Był dla nas mistrzem. Myślimy, że takie rzeczy się nie wydarzą. Nie nam, nie naszym bliskim, ani przyjaciołom…
Redaktor depeszowy Andrzej Górny, lata 80. w redakcji nocnej w (nieistniejącej) drukarni przy ul. Piotra Skargi we Wrocławiu
W nocy z czwartku na piątek odszedł od nas i od swoich wiernych Czytelników Andrzej Górny.

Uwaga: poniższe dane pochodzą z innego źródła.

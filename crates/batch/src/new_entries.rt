// What is handed to a batch.
ghost use Rattle.std.specs.Prelude.{◌≡◌};
ghost use Rattle.outcome.specs.Outcome.{Answers};
ghost use Rattle.storing.specs.Handed.{handed_of};
ghost use Rattle.batch.specs.Batch.{laid_of};
ghost use Rattle.batch.specs.Taking.{counts_laid, Within, entry_taken, left_behind};

use super::counts::Counts;
use storing::NewEntry;

// Index words, identifiers, lengths, section bytes and data: of several entries, each kind laid end to end.
#[derive(Clone, Copy)]
pub struct Columns<'a> {
    pub index: &'a [u8],
    pub ids: &'a [i32],
    pub lengths: &'a [i64],
    pub sections: &'a [u8],
    pub values: &'a [u8],
}

// The entries of a batch: a version and a row of counts for each, and what is laid end to end. C lends the rows as they stand.
#[derive(Clone, Copy)]
pub struct NewEntries<'a> {
    pub versions: &'a [i32],
    pub counts: &'a [[u64; 5]],
    pub columns: Columns<'a>,
}

impl<'a> Columns<'a> {
    // How much is laid.
    pub(crate) fn counts(self) -> Counts
        ensures { Answers (counts_laid (laid_of self.entry)) result }
    {
        Counts {
            index: self.index.len() as u64,
            ids: self.ids.len() as u64,
            lengths: self.lengths.len() as u64,
            sections: self.sections.len() as u64,
            values: self.values.len() as u64,
        }
    }

    // The first entry, which takes so much of each column, and what it leaves for the entries behind it.
    pub(crate) fn split(self, version: i32, counts: Counts) -> (NewEntry<'a>, Columns<'a>)
        requires { Within counts (counts_laid (laid_of self)) }
        ensures entry { handed_of result.0 ≡ entry_taken version counts (laid_of self.entry) }
        ensures left { laid_of result.1 ≡ left_behind counts (laid_of self.entry) }
    {
        let (index, index_left) = self.index.split_at(counts.index as usize);
        let (ids, ids_left) = self.ids.split_at(counts.ids as usize);
        let (lengths, lengths_left) = self.lengths.split_at(counts.lengths as usize);
        let (sections, sections_left) = self.sections.split_at(counts.sections as usize);
        let (values, values_left) = self.values.split_at(counts.values as usize);
        let entry = NewEntry {
            version,
            index,
            ids,
            lengths,
            sections,
            values,
        };
        let left = Columns {
            index: index_left,
            ids: ids_left,
            lengths: lengths_left,
            sections: sections_left,
            values: values_left,
        };
        (entry, left)
    }
}
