// The rules of a batch, all numbered 26, tested in the order of their table.
ghost use Rattle.outcome.specs.Outcome.{Answers};
ghost use Rattle.outcome.specs.Refusal.{Refuses};
ghost use Rattle.batch.specs.Rules.{batch_refusal};
ghost use Rattle.batch.specs.Batch.{laid_of, batch_handed};
ghost use Rattle.batch.specs.Taking.{used_up};

use super::counts::Counts;
use super::new_entries::{Columns, NewEntries};
use outcome::Refusal;

// The entries of a batch, at most.
const ENTRIES_MAX: usize = 64;

// Whether the rows of counts use up each column exactly. A sum is never formed, so none can wrap: what is left of the
// columns is lessened by each row in turn.
fn use_up(counts: &[[u64; 5]], columns: Columns) -> bool
    ensures { Answers (used_up counts.now (laid_of columns.entry)) result }
{
    let mut left = columns.counts();
    for row in counts {
        let Some(rest) = left.less(Counts::from(*row)) else {
            return false;
        };
        left = rest;
    }
    left == Counts::default()
}

// The rules of a batch: 26 where one is broken.
#[tactic(auto, using(crate::proofs::Together::rows_used), unfolding(crate::specs::Rules::batch_refusal))]
pub fn batch_refusal(entries: &NewEntries) -> Result<(), Refusal>
    ensures { Refuses (batch_refusal (batch_handed entries.now)) result }
{
    Refusal::BatchCounts.unless(entries.versions.len() <= ENTRIES_MAX)?;
    Refusal::BatchCounts.unless(entries.counts.len() == entries.versions.len())?;
    Refusal::BatchCounts.unless(use_up(entries.counts, entries.columns))
}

Redaktor. „Gruby”.
Człowiek, który wychował kilka pokoleń dziennikarzy, który ze stoickim spokojem, podszytym lekką nutką ironii, prostował ich braki, niedouczenie, pośpiech.

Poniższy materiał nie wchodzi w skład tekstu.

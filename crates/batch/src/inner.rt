// Appending the entries of a batch in turn to a file whose numbers are at hand, as after validating it.
ghost use Rattle.std.specs.Prelude.{◌≡◌};
ghost use Rattle.descriptor.specs.FirstRecord.{numbers_of, addresses_of};
ghost use Rattle.descriptor.specs.Rules.{file_refusal};
ghost use Rattle.descriptor.specs.Bounds.{AdmittedIn};
ghost use Rattle.storing.specs.Handed.{handed_of};
ghost use Rattle.batch.specs.Batch.{entries_in, batch_handed};
ghost use Rattle.batch.specs.Rules.{batch_refusal};
ghost use Rattle.batch.specs.Taking.{AppendsNext};
ghost use Rattle.batch.specs.Answers.{AppendsInTurn};

use super::answers::Batched;
use super::counts::Counts;
use super::new_entries::NewEntries;
use descriptor::DescriptorNumbers;
use descriptor::inner::numbers_of;
use geometry::{Growth, totals_of};
use outcome::Refusal;
use storing::NewEntry;
use writer::inner::append_from;

// Appends an entry to a file of admitted numbers, and gives the numbers of the file after it.
fn append_next(
    d: DescriptorNumbers,
    file: &mut [u8],
    entry: &NewEntry,
) -> Result<DescriptorNumbers, Refusal>
    requires { AdmittedIn file.old d (addresses_of file.old d.nex) }
    ensures { AppendsNext file.old d (handed_of entry.now) result file.new }
{
    let totals = totals_of(Growth::new(d.lex1, d.gex), d.nex);
    append_from(d, &totals, file, entry)?;
    Ok(numbers_of(file))
}

// Appends the entries of a batch that passed its rules, to a file that validates with these numbers.
pub fn append_in_turn(d: DescriptorNumbers, file: &mut [u8], entries: &NewEntries) -> Batched
    requires { (file_refusal file.old ≡ 0) × (d ≡ numbers_of file.old) × (batch_refusal (batch_handed entries.now) ≡ 0) }
    ensures { AppendsInTurn file.old (entries_in (batch_handed entries.now)) result file.new }
{
    let mut numbers = d;
    let mut left = entries.columns;
    for (accepted, version) in entries.versions.iter().enumerate() {
        let (entry, rest) = left.split(*version, Counts::from(entries.counts[accepted]));
        match append_next(numbers, file, &entry) {
            Ok(after) => numbers = after,
            Err(refusal) => {
                return Batched {
                    refusal: refusal.number(),
                    accepted: accepted as u64,
                };
            }
        }
        left = rest;
    }
    Batched {
        refusal: 0,
        accepted: entries.versions.len() as u64,
    }
}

Redaktor, który cierpliwie tłumaczył, jak pisać, by być zrozumianym i czytanym.
Ironista, który w swoich felietonach przez wiele lat dziwił się absurdom świata.
I wreszcie „Gruby”, który wymyślił słynne „Jaja”, krzyżówkę, jakiej świat nie wiedział, krzyżówkę, od której wielu z Państwa zaczynało lekturę naszego piątkowego wydania gazety, obrosłą legendami wyjątkową łamigłówkę, wymagającą od rozwiązującego myślenia w bok, w poprzek, na opak i do tyłu.
Miał wiernych fanów, którzy przyjeżdżali z całego Dolnego Śląska na mistrzostwa w rozwiązywaniu „Jaj”.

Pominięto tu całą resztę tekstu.